There was no national outcry over the murder of 69-year-old Caroline Willis stabbed in her Werribee home on 25 May, nor for the death of 22-year-old mother Teah Luckwell attacked in her Tamworth unit on 28 March.
A failure to address the issue
“Many have said it before me, but if this many citizens were dying because of terrorism or street violence, then politicians would be taking radical action to address the underlying issues,” said Moo Baulch chief executive of Domestic Violence NSW.
Destroy the Joint has recorded 418 women who have been killed as a result of a violent attack in this country since 2012, while the Global Terrorism Database lists only six people as having been killed as a result of a terrorist incident on Australian soil over the same period.
And while over 70 pieces of counterterrorism legislation have been passed at the federal level since 9/11, nowhere near the same level of attention has been given to the very real victims of the propensity certain members of the community have to commit violent acts towards women.
In October 2016, the Turnbull government announced its Third Action Plan, which comprised of a $100 million dollar package designed to change Australian attitudes to and tolerance for violence against women. However, Ms Baulch has described the funding as not even touching the sides.
“The lack of meaningful action by our governments on the drivers of violence against women and children is staggering,” Ms Baulch told Sydney Criminal Lawyers®. She stressed the need to examine “why the system fails so regularly,” rather than simply trying to improve the parts that don’t work.
“We are spending billions of dollars to protect our borders and we can’t invest a tiny percentage of that in adequate services to provide support to those living with terror in their homes,” Ms Baulch added.
A system screaming for reform
The Baird government implemented the Going Home and Staying Home program in 2014. This so-called reform resulted in a large number of women’s refuges and specialty services being closed down, which has left women fleeing domestic violence with a dearth of options.
And as Ms Price explained in the Sydney Morning Herald on 3 July, there is now a huge demand for homelessness services statewide. Since the reforms came into play, this demand has increased by almost 50 percent, a third of which are women and children trying to escape family violence.
Australian Bureau of Statistics figures reveal that in 2017 there were 366 victims of domestic and family violence assaults per 100,000 people in NSW. And 63 percent of the female victims of these assaults reported them being perpetrated by an intimate partner.
“We need societal change, which means addressing inequality early,” Ms Price made clear. “It also means we need to teach small children how to deal with conflict early.”
As far as Ms Price is concerned, the “judicial system needs an overhaul.” She stated that this is “going to be brought into sharp relief when changes to the Family Court,” announced by Australian attorney general Christian Porter in May, take effect early next year.
Although, Ms Price warned that she fears these changes “will make women and children more vulnerable – not less.”
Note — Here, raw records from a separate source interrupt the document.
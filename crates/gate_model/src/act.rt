/// What an instruction of a viewer asks for (the Guacamole manual, "Guacamole protocol reference",
/// in this project's profile).
#[derive(Clone, Copy, Debug, PartialEq, Eq)]
pub enum Act {
    /// A key goes down or up. The keysym is X11's.
    Key { keysym: u32, pressed: bool },
    /// The pointer, in pixels, and the buttons that are down. It has no effect.
    Mouse { x: i32, y: i32, mask: u8 },
    /// The viewer has drawn every frame up to this stamp.
    Sync { stamp: u64 },
    /// The size of the viewer's display in pixels.
    Size { width: u32, height: u32 },
    /// Nothing.
    Nop,
    /// The viewer leaves.
    Disconnect,
}
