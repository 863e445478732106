use crate::Cause;

/// The session was closed before, for this cause.
#[derive(Clone, Copy, Debug, PartialEq, Eq)]
pub struct Closed {
    pub cause: Cause,
}
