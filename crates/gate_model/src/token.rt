use crate::Bytes;

/// A whole piece of a Telnet stream (RFC 854 and 855).
#[derive(Drop)]
pub enum Token {
    /// A data byte.
    Byte(u8),
    /// DO and its option.
    Do(u8),
    /// DONT and its option.
    Dont(u8),
    /// WILL and its option.
    Will(u8),
    /// WONT and its option.
    Wont(u8),
    /// A subnegotiation of at most 1,024 bytes, the option first, with doubled 255 undone. It may be
    /// empty.
    Sub(Bytes),
    /// A command of one byte, 241 to 249.
    Single(u8),
}
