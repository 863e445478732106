//! Which letters and signs the set `Faces::More` has.

ghost use Rattle.std.specs.Prelude.{◌≡◌};
ghost use Rattle.gate_model.specs.picture.Letters.{number_of};

/// The runs of their characters: the first of each, the last, and the number of the first among all.
static RUNS: [[u16; 3]; 34] = [
    [0x00a1, 0x017f, 0],
    [0x2010, 0x2015, 223],
    [0x2018, 0x201a, 229],
    [0x201c, 0x201e, 232],
    [0x2020, 0x2022, 235],
    [0x2026, 0x2026, 238],
    [0x2030, 0x2030, 239],
    [0x2032, 0x2033, 240],
    [0x2039, 0x203a, 242],
    [0x203c, 0x203c, 244],
    [0x20ac, 0x20ac, 245],
    [0x2122, 0x2122, 246],
    [0x2190, 0x2195, 247],
    [0x2212, 0x2212, 253],
    [0x2219, 0x221a, 254],
    [0x221e, 0x221e, 256],
    [0x2248, 0x2248, 257],
    [0x2260, 0x2261, 258],
    [0x2264, 0x2265, 260],
    [0x25a0, 0x25a1, 262],
    [0x25aa, 0x25ab, 264],
    [0x25b2, 0x25b3, 266],
    [0x25b6, 0x25b6, 268],
    [0x25b8, 0x25b8, 269],
    [0x25ba, 0x25ba, 270],
    [0x25bc, 0x25bd, 271],
    [0x25c0, 0x25c0, 273],
    [0x25c4, 0x25c4, 274],
    [0x25c6, 0x25c6, 275],
    [0x25cb, 0x25cc, 276],
    [0x25cf, 0x25cf, 278],
    [0x25e6, 0x25e6, 279],
    [0x2713, 0x2714, 280],
    [0x2717, 0x2718, 282],
];

/// The number of a letter or a sign of the set among all of them, counted from 0 in the order of their characters; None
/// for every other character (this project's own set).
#[tactic(auto, unfolding(crate::specs::picture::Letters::number_of))]
pub fn number_of(face: char) -> Option<usize>
    ensures { result ≡ number_of face }
{
    let code = face as usize;
    for i in 0..34 {
        let [first, last, start] = RUNS[i];
        if first as usize <= code && code <= last as usize {
            return Some(start as usize + (code - first as usize));
        }
    }
    None
}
A societal shift is needed
“Violence against women should be treated with the seriousness that it deserves,” Ms Baulch said, adding that “intergenerational change and a whole of society approach to prevention” are the only way that the “horrific statistics” are going to be brought to an end.
However, Australian politicians remain reluctant to put long-term strategies into place that can bring about significant change to attitudes and behaviours in the community that allow for violence against women to carry on unabated.
“We know now that gender inequality and violence supportive attitudes are the core of the problem,” Ms Baulch concluded. “The next step is a personal, political and institutional commitment to be part of the solution.”